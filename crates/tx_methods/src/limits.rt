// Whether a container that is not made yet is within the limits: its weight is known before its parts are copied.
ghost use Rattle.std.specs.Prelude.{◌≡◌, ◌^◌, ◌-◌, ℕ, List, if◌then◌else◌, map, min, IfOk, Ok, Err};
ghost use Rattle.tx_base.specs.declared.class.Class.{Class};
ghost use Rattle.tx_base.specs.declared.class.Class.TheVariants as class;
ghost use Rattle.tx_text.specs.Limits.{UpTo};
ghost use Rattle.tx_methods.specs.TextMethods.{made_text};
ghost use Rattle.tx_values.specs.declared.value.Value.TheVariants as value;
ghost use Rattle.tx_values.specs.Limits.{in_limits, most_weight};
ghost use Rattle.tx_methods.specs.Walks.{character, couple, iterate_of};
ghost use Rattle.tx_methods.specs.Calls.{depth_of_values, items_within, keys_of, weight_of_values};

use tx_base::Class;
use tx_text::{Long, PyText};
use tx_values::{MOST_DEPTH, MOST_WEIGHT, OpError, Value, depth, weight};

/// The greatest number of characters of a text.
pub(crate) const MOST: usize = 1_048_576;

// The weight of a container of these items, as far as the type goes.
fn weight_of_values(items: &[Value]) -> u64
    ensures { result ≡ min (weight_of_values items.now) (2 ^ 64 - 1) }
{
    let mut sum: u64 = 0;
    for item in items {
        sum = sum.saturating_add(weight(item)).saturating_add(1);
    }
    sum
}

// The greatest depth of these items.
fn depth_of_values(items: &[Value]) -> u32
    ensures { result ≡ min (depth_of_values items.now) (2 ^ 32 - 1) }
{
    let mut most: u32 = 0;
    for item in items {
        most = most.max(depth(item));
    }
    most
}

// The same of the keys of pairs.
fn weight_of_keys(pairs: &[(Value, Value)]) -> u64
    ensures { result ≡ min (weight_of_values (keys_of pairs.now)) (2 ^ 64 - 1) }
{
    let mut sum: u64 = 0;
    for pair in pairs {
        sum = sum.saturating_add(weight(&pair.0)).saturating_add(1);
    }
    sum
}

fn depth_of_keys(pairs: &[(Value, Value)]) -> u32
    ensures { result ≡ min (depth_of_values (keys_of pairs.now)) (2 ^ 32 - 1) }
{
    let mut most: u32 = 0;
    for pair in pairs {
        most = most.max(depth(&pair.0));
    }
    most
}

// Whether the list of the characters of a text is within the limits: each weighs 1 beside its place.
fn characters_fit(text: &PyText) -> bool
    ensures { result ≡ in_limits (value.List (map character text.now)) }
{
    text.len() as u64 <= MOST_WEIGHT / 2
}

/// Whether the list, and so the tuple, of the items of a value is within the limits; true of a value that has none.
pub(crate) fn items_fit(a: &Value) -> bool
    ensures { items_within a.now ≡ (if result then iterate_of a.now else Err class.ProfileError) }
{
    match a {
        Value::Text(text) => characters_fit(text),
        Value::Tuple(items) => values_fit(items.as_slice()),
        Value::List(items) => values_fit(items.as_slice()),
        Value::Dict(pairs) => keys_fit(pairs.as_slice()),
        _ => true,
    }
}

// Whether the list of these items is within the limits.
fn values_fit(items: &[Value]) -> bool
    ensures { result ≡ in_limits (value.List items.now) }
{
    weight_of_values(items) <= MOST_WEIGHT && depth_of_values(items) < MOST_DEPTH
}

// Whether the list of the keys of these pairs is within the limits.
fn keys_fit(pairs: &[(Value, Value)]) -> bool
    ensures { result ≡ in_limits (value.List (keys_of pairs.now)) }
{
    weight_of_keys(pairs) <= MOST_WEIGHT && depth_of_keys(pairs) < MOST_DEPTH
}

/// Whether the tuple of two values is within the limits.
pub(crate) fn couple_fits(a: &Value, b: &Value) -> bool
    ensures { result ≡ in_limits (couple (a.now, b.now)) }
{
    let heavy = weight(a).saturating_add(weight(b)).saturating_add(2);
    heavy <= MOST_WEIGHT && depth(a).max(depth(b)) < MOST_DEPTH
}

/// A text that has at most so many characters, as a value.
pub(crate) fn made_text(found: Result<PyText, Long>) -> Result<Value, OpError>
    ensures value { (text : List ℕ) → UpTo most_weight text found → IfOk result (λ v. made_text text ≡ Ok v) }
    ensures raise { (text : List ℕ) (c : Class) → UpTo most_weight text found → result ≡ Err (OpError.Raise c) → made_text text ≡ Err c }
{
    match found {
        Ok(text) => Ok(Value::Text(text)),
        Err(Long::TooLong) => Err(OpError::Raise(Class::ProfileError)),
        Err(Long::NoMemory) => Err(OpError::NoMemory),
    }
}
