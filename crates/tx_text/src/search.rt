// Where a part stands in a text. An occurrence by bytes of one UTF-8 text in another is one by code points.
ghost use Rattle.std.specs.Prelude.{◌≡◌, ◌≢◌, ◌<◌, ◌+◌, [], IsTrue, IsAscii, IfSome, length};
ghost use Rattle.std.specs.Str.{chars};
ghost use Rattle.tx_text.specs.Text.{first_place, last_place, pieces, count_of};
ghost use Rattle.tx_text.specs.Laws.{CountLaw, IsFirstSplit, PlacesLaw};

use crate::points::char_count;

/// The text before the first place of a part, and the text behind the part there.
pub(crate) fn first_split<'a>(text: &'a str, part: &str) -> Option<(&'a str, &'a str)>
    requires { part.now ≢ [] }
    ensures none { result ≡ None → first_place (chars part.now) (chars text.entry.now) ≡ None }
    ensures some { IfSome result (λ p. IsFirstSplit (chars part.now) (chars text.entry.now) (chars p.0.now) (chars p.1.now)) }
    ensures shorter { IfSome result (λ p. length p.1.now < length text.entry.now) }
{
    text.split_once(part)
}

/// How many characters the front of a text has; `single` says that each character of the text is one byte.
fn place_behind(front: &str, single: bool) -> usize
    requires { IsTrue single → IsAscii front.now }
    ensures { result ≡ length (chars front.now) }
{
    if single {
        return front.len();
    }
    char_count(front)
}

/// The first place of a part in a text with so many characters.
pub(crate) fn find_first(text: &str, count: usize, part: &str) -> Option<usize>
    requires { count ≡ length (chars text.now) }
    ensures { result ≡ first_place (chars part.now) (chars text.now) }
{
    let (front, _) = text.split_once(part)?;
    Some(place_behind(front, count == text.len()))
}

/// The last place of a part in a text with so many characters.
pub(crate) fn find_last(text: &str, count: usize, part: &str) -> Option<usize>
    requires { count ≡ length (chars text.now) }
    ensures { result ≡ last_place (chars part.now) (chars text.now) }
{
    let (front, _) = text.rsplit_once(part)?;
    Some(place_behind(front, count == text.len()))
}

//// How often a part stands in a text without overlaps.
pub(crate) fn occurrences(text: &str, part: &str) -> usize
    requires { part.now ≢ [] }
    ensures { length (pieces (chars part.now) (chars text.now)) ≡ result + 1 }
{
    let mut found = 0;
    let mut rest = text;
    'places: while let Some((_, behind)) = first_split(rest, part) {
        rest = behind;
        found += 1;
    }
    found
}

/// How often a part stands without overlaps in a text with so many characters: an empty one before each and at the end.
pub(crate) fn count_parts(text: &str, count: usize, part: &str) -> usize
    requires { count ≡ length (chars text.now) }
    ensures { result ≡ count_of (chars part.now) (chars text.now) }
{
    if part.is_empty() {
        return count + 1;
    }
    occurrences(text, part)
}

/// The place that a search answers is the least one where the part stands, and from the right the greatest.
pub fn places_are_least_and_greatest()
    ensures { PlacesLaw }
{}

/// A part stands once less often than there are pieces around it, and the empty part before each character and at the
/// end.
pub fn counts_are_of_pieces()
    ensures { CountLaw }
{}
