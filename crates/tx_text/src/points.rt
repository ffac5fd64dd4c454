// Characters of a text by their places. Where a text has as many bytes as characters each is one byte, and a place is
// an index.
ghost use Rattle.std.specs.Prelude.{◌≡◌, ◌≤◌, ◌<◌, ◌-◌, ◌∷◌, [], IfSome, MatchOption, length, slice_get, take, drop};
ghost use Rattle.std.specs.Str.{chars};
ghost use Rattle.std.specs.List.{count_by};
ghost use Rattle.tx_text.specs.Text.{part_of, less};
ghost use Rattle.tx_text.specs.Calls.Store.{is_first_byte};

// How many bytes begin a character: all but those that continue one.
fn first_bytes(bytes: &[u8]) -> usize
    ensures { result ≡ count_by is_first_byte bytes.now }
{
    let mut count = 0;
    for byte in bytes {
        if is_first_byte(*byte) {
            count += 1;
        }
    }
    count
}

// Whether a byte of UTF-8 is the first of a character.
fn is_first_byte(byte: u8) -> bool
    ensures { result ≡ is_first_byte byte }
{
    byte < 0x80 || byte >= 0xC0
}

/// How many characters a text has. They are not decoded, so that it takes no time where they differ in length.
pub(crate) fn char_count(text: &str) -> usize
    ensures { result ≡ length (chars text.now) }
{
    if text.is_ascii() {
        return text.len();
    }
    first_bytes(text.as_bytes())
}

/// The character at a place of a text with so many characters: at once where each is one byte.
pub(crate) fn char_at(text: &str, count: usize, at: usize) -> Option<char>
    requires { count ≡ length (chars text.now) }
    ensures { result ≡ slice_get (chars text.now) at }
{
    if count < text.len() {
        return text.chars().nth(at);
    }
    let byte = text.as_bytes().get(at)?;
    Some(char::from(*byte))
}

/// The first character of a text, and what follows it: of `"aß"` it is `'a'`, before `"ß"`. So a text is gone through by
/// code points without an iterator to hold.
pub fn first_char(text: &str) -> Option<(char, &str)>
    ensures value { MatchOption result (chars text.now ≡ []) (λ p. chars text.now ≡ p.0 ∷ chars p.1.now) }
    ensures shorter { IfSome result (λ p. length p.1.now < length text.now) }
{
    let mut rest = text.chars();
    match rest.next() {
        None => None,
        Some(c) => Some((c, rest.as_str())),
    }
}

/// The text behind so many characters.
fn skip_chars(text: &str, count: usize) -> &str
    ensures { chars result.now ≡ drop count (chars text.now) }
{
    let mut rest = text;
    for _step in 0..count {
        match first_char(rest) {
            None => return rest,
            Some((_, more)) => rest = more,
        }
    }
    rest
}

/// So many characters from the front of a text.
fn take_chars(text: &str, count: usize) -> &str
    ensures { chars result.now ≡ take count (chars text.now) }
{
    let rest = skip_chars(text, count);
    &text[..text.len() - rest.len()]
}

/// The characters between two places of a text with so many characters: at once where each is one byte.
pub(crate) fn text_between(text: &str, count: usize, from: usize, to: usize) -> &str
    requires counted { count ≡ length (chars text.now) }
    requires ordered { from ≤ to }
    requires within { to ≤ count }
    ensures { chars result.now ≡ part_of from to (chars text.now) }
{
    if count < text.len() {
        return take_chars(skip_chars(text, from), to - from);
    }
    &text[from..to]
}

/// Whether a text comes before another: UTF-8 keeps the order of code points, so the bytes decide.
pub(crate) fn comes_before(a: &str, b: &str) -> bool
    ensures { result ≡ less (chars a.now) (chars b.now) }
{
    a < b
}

···

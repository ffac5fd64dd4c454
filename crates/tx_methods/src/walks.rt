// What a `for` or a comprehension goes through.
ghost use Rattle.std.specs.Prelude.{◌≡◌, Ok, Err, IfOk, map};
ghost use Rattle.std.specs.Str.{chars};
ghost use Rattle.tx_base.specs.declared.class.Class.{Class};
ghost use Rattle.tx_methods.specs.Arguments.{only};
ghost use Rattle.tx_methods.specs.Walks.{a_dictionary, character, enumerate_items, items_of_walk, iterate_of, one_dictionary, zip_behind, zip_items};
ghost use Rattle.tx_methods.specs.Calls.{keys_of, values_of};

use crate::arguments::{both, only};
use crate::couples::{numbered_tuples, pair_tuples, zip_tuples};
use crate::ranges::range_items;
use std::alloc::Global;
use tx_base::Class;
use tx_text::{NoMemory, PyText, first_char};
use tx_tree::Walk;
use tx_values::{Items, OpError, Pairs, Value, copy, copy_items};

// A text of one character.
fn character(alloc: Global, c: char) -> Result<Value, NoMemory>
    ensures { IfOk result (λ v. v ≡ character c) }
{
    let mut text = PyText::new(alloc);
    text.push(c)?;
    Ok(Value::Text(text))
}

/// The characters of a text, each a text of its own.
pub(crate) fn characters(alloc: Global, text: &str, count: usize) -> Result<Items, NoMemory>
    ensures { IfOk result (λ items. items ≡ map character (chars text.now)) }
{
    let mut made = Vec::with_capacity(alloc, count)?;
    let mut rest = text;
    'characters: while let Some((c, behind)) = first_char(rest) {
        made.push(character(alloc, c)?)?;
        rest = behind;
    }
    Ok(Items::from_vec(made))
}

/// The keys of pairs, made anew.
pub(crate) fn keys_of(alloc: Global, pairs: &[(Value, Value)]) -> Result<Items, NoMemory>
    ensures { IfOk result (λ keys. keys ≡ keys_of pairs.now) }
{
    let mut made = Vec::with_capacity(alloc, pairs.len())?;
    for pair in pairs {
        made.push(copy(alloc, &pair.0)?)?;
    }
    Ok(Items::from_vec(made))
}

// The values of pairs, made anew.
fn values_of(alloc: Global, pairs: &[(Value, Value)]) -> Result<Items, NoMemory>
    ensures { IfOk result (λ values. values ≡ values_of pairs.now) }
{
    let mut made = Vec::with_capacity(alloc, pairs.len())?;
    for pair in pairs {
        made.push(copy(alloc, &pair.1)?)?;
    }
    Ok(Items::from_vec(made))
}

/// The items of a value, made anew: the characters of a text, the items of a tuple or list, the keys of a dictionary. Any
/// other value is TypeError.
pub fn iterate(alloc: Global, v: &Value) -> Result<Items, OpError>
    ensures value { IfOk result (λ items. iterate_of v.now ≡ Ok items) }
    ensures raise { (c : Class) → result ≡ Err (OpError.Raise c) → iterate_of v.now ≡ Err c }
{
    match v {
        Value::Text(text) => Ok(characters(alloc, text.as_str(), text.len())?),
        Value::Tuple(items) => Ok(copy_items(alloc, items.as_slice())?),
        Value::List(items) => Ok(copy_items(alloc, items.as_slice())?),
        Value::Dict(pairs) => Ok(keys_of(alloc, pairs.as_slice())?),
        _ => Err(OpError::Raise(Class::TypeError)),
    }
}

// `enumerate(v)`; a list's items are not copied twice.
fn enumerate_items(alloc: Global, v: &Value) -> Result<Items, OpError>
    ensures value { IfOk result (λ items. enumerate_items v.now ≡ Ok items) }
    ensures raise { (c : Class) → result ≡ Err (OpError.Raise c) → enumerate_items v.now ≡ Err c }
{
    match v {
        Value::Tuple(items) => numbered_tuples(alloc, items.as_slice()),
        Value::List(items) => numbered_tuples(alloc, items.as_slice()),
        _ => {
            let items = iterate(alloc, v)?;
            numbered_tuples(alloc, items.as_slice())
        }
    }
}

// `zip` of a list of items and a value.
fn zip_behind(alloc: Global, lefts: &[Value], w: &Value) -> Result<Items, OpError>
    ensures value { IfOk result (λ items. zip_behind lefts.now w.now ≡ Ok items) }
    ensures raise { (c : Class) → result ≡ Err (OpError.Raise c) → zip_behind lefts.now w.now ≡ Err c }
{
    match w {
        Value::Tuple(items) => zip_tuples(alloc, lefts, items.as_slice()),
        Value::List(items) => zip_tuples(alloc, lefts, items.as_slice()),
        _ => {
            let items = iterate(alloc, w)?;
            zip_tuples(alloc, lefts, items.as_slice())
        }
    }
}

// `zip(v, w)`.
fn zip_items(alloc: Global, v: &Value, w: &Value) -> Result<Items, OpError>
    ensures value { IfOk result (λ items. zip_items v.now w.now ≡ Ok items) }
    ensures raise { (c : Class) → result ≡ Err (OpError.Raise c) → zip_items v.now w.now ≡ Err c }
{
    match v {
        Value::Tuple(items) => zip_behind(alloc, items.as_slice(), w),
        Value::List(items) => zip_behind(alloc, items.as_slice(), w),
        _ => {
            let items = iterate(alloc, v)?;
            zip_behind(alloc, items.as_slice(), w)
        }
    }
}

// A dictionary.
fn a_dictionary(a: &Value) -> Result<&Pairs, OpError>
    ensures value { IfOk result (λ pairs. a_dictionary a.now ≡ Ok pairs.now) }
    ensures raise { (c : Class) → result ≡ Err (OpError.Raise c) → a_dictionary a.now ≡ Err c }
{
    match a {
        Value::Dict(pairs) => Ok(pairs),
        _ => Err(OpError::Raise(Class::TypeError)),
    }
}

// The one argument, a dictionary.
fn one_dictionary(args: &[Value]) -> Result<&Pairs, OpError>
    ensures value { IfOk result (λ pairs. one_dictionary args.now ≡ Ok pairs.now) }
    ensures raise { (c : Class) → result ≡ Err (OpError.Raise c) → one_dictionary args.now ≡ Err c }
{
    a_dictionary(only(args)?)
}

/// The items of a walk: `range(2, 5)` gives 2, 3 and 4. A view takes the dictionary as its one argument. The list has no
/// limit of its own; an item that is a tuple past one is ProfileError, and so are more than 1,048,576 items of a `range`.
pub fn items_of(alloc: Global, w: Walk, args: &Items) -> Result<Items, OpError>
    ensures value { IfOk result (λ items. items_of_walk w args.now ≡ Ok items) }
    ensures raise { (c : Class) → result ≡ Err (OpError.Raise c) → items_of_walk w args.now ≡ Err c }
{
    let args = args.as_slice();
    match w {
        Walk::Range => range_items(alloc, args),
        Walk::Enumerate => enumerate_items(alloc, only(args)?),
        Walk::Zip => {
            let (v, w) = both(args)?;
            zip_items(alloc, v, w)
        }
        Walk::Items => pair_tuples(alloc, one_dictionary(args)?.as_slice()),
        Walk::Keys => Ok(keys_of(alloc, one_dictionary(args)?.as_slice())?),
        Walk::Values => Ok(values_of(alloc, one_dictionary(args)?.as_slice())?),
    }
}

···

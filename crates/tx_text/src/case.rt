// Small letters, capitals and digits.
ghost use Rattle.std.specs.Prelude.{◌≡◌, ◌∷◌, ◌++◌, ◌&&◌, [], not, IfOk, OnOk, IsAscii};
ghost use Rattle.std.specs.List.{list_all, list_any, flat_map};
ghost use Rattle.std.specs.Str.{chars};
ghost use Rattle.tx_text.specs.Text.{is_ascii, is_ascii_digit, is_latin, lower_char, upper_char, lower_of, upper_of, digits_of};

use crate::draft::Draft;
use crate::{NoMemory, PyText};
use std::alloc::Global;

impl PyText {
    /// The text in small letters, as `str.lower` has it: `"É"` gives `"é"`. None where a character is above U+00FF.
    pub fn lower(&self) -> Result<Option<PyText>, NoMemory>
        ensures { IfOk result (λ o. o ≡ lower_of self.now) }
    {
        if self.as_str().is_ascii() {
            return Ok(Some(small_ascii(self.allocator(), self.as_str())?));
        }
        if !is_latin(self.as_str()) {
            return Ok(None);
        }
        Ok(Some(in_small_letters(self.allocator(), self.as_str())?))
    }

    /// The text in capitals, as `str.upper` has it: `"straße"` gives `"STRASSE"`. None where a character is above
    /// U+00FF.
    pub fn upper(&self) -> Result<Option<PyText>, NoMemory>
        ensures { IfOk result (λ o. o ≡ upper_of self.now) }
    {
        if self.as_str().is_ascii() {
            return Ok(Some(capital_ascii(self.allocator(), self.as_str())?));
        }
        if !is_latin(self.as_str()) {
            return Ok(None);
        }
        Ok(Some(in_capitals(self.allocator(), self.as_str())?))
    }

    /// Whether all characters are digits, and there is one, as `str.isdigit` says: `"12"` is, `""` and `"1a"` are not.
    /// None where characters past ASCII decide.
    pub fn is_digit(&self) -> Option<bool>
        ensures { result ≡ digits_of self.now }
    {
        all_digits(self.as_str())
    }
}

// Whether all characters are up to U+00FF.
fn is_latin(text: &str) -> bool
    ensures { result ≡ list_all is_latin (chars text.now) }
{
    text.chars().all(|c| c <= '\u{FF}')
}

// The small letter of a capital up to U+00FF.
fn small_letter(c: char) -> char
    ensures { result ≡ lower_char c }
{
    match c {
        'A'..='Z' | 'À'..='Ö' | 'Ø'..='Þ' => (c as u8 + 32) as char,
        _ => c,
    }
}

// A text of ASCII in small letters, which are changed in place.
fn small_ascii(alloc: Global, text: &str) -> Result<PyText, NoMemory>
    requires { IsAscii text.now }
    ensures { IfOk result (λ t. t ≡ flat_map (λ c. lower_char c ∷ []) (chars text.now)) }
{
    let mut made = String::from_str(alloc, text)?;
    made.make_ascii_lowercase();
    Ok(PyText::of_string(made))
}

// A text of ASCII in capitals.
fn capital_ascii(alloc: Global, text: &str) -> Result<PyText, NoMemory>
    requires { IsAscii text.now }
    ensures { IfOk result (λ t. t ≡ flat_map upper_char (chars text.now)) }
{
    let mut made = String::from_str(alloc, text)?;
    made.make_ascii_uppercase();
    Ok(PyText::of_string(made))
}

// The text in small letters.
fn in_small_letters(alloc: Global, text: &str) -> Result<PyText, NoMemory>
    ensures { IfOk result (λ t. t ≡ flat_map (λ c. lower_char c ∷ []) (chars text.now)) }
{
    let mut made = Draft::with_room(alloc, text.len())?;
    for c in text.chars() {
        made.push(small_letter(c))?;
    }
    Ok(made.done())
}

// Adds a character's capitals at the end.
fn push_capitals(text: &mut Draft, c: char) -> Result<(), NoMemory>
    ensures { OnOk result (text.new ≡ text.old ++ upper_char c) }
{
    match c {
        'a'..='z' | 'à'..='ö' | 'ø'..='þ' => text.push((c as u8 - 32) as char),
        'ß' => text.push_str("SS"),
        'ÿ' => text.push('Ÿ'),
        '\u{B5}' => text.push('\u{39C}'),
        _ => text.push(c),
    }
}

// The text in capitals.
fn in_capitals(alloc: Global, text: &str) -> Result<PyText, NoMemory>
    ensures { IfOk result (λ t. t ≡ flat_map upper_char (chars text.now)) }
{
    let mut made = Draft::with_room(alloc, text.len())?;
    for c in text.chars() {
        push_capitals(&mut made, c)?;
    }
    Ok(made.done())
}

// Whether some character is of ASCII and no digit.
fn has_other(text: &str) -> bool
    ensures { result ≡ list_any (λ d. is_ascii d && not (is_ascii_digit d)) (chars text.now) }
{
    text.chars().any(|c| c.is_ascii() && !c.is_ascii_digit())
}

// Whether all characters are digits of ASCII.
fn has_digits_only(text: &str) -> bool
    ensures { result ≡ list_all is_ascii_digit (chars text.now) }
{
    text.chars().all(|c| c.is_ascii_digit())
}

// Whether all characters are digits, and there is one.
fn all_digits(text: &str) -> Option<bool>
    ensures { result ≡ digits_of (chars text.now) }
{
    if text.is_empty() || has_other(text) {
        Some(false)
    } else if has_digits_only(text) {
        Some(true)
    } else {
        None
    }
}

···

● **Aim of the exercise**:
From the data above, reproduce word for word the lines running from the line with "filename crates/tx_methods/src/limits.rt" to the line with "fn weight_of_values(items: &[Value]) -> u64", ends included.

● **Answer space**:
filename crates/tx_methods/src/limits.rt
// Whether a container that is not made yet is within the limits: its weight is known before its parts are copied.
ghost use Rattle.std.specs.Prelude.{◌≡◌, ◌^◌, ◌-◌, ℕ, List, if◌then◌else◌, map, min, IfOk, Ok, Err};
ghost use Rattle.tx_base.specs.declared.class.Class.{Class};
ghost use Rattle.tx_base.specs.declared.class.Class.TheVariants as class;
ghost use Rattle.tx_text.specs.Limits.{UpTo};
ghost use Rattle.tx_methods.specs.TextMethods.{made_text};
ghost use Rattle.tx_values.specs.declared.value.Value.TheVariants as value;
ghost use Rattle.tx_values.specs.Limits.{in_limits, most_weight};
ghost use Rattle.tx_methods.specs.Walks.{character, couple, iterate_of};
ghost use Rattle.tx_methods.specs.Calls.{depth_of_values, items_within, keys_of, weight_of_values};

use tx_base::Class;
use tx_text::{Long, PyText};
use tx_values::{MOST_DEPTH, MOST_WEIGHT, OpError, Value, depth, weight};

/// The greatest number of characters of a text.
pub(crate) const MOST: usize = 1_048_576;

// The weight of a container of these items, as far as the type goes.
fn weight_of_values(items: &[Value]) -> u64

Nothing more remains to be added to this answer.